(Dataset entries)
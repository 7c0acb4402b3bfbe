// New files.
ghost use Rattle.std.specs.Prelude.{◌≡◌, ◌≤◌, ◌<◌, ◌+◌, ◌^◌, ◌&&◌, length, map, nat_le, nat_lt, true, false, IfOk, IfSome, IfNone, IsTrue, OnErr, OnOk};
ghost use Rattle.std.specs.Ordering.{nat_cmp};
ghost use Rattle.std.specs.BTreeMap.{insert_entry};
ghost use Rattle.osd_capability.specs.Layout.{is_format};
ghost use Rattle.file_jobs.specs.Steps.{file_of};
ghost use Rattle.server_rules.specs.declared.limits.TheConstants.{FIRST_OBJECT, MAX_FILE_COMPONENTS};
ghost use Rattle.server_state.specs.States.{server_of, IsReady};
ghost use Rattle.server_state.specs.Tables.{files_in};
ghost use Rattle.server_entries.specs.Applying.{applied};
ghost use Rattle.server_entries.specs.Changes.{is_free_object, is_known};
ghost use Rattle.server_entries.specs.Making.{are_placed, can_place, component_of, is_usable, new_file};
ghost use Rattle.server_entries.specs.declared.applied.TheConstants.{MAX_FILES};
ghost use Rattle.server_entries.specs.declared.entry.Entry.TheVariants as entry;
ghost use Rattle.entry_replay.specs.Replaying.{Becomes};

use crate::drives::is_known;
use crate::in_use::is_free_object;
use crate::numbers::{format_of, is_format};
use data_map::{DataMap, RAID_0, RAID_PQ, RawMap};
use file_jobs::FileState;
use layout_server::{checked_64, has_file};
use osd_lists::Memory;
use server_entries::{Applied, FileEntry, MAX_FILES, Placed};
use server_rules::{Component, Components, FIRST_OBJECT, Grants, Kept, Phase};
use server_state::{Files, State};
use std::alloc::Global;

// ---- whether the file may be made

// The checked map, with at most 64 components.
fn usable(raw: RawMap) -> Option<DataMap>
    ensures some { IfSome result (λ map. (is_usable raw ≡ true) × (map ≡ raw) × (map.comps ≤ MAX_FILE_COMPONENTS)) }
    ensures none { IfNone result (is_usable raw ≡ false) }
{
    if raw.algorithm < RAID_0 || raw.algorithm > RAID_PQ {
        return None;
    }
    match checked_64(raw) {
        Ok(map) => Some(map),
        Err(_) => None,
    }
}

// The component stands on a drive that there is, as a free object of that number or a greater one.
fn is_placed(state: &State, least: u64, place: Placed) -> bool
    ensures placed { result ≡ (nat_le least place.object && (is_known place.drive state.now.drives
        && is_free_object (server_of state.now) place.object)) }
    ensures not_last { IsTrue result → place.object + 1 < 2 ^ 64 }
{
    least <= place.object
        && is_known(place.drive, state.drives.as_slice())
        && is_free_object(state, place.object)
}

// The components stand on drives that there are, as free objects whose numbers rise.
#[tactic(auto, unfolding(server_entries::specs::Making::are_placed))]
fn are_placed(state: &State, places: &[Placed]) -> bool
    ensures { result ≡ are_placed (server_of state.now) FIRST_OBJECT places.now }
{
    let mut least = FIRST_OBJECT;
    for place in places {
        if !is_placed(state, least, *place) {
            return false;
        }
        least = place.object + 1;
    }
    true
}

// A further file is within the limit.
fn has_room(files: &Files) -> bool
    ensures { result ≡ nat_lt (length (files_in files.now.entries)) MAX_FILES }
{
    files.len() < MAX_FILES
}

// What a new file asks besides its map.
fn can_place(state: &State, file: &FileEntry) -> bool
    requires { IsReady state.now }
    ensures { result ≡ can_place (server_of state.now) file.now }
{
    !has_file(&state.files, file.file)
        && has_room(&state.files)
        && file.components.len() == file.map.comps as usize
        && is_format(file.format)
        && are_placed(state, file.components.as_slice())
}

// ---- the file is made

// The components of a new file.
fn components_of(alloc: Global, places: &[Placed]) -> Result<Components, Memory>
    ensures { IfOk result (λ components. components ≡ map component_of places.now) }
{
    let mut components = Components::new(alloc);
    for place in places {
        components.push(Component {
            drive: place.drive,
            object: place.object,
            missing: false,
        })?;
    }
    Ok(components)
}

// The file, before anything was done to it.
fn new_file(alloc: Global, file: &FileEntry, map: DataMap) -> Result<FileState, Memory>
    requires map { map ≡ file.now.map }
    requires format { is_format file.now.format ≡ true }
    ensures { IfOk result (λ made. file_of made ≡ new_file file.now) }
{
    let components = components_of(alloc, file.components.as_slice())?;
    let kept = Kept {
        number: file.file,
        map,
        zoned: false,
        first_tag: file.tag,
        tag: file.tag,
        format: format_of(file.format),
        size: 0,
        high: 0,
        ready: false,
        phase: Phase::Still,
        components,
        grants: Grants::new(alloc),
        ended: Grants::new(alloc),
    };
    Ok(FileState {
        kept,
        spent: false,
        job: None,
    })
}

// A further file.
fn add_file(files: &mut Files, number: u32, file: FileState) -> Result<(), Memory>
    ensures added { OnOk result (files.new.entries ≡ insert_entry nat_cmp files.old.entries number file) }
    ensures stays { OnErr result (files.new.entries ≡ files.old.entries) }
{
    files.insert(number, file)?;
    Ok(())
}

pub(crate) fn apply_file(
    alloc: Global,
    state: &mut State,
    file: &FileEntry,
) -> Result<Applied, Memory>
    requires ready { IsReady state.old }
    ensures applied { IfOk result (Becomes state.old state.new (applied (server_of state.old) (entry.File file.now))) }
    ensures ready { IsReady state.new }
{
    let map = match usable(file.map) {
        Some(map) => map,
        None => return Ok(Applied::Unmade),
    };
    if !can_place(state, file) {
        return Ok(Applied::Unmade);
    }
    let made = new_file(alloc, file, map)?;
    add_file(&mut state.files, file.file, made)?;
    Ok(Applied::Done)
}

• [Assignment] Down to the last line, give the records again exactly.

• [Solution to this task]
repository 7c0acb4402b3bfbe
// New files.
ghost use Rattle.std.specs.Prelude.{◌≡◌, ◌≤◌, ◌<◌, ◌+◌, ◌^◌, ◌&&◌, length, map, nat_le, nat_lt, true, false, IfOk, IfSome, IfNone, IsTrue, OnErr, OnOk};
ghost use Rattle.std.specs.Ordering.{nat_cmp};
ghost use Rattle.std.specs.BTreeMap.{insert_entry};
ghost use Rattle.osd_capability.specs.Layout.{is_format};
ghost use Rattle.file_jobs.specs.Steps.{file_of};
ghost use Rattle.server_rules.specs.declared.limits.TheConstants.{FIRST_OBJECT, MAX_FILE_COMPONENTS};
ghost use Rattle.server_state.specs.States.{server_of, IsReady};
ghost use Rattle.server_state.specs.Tables.{files_in};
ghost use Rattle.server_entries.specs.Applying.{applied};
ghost use Rattle.server_entries.specs.Changes.{is_free_object, is_known};
ghost use Rattle.server_entries.specs.Making.{are_placed, can_place, component_of, is_usable, new_file};
ghost use Rattle.server_entries.specs.declared.applied.TheConstants.{MAX_FILES};
ghost use Rattle.server_entries.specs.declared.entry.Entry.TheVariants as entry;
ghost use Rattle.entry_replay.specs.Replaying.{Becomes};

use crate::drives::is_known;
use crate::in_use::is_free_object;
use crate::numbers::{format_of, is_format};
use data_map::{DataMap, RAID_0, RAID_PQ, RawMap};
use file_jobs::FileState;
use layout_server::{checked_64, has_file};
use osd_lists::Memory;
use server_entries::{Applied, FileEntry, MAX_FILES, Placed};
use server_rules::{Component, Components, FIRST_OBJECT, Grants, Kept, Phase};
use server_state::{Files, State};
use std::alloc::Global;

// ---- whether the file may be made

// The checked map, with at most 64 components.
fn usable(raw: RawMap) -> Option<DataMap>
    ensures some { IfSome result (λ map. (is_usable raw ≡ true) × (map ≡ raw) × (map.comps ≤ MAX_FILE_COMPONENTS)) }
    ensures none { IfNone result (is_usable raw ≡ false) }
{
    if raw.algorithm < RAID_0 || raw.algorithm > RAID_PQ {
        return None;
    }
    match checked_64(raw) {
        Ok(map) => Some(map),
        Err(_) => None,
    }
}

// The component stands on a drive that there is, as a free object of that number or a greater one.
fn is_placed(state: &State, least: u64, place: Placed) -> bool
    ensures placed { result ≡ (nat_le least place.object && (is_known place.drive state.now.drives
        && is_free_object (server_of state.now) place.object)) }
    ensures not_last { IsTrue result → place.object + 1 < 2 ^ 64 }
{
    least <= place.object
        && is_known(place.drive, state.drives.as_slice())
        && is_free_object(state, place.object)
}

// The components stand on drives that there are, as free objects whose numbers rise.
#[tactic(auto, unfolding(server_entries::specs::Making::are_placed))]
fn are_placed(state: &State, places: &[Placed]) -> bool
    ensures { result ≡ are_placed (server_of state.now) FIRST_OBJECT places.now }
{
    let mut least = FIRST_OBJECT;
    for place in places {
        if !is_placed(state, least, *place) {
            return false;
        }
        least = place.object + 1;
    }
    true
}

// A further file is within the limit.
fn has_room(files: &Files) -> bool
    ensures { result ≡ nat_lt (length (files_in files.now.entries)) MAX_FILES }
{
    files.len() < MAX_FILES
}

// What a new file asks besides its map.
fn can_place(state: &State, file: &FileEntry) -> bool
    requires { IsReady state.now }
    ensures { result ≡ can_place (server_of state.now) file.now }
{
    !has_file(&state.files, file.file)
        && has_room(&state.files)
        && file.components.len() == file.map.comps as usize
        && is_format(file.format)
        && are_placed(state, file.components.as_slice())
}

// ---- the file is made

// The components of a new file.
fn components_of(alloc: Global, places: &[Placed]) -> Result<Components, Memory>
    ensures { IfOk result (λ components. components ≡ map component_of places.now) }
{
    let mut components = Components::new(alloc);
    for place in places {
        components.push(Component {
            drive: place.drive,
            object: place.object,
            missing: false,
        })?;
    }
    Ok(components)
}

// The file, before anything was done to it.
fn new_file(alloc: Global, file: &FileEntry, map: DataMap) -> Result<FileState, Memory>
    requires map { map ≡ file.now.map }
    requires format { is_format file.now.format ≡ true }
    ensures { IfOk result (λ made. file_of made ≡ new_file file.now) }
{
    let components = components_of(alloc, file.components.as_slice())?;
    let kept = Kept {
        number: file.file,
        map,
        zoned: false,
        first_tag: file.tag,
        tag: file.tag,
        format: format_of(file.format),
        size: 0,
        high: 0,
        ready: false,
        phase: Phase::Still,
        components,
        grants: Grants::new(alloc),
        ended: Grants::new(alloc),
    };
    Ok(FileState {
        kept,
        spent: false,
        job: None,
    })
}

// A further file.
fn add_file(files: &mut Files, number: u32, file: FileState) -> Result<(), Memory>
    ensures added { OnOk result (files.new.entries ≡ insert_entry nat_cmp files.old.entries number file) }
    ensures stays { OnErr result (files.new.entries ≡ files.old.entries) }
{
    files.insert(number, file)?;
    Ok(())
}

pub(crate) fn apply_file(
    alloc: Global,
    state: &mut State,
    file: &FileEntry,
) -> Result<Applied, Memory>
    requires ready { IsReady state.old }
    ensures applied { IfOk result (Becomes state.old state.new (applied (server_of state.old) (entry.File file.now))) }
    ensures ready { IsReady state.new }
{
    let map = match usable(file.map) {
        Some(map) => map,
        None => return Ok(Applied::Unmade),
    };
    if !can_place(state, file) {
        return Ok(Applied::Unmade);
    }
    let made = new_file(alloc, file, map)?;
    add_file(&mut state.files, file.file, made)?;
    Ok(Applied::Done)
}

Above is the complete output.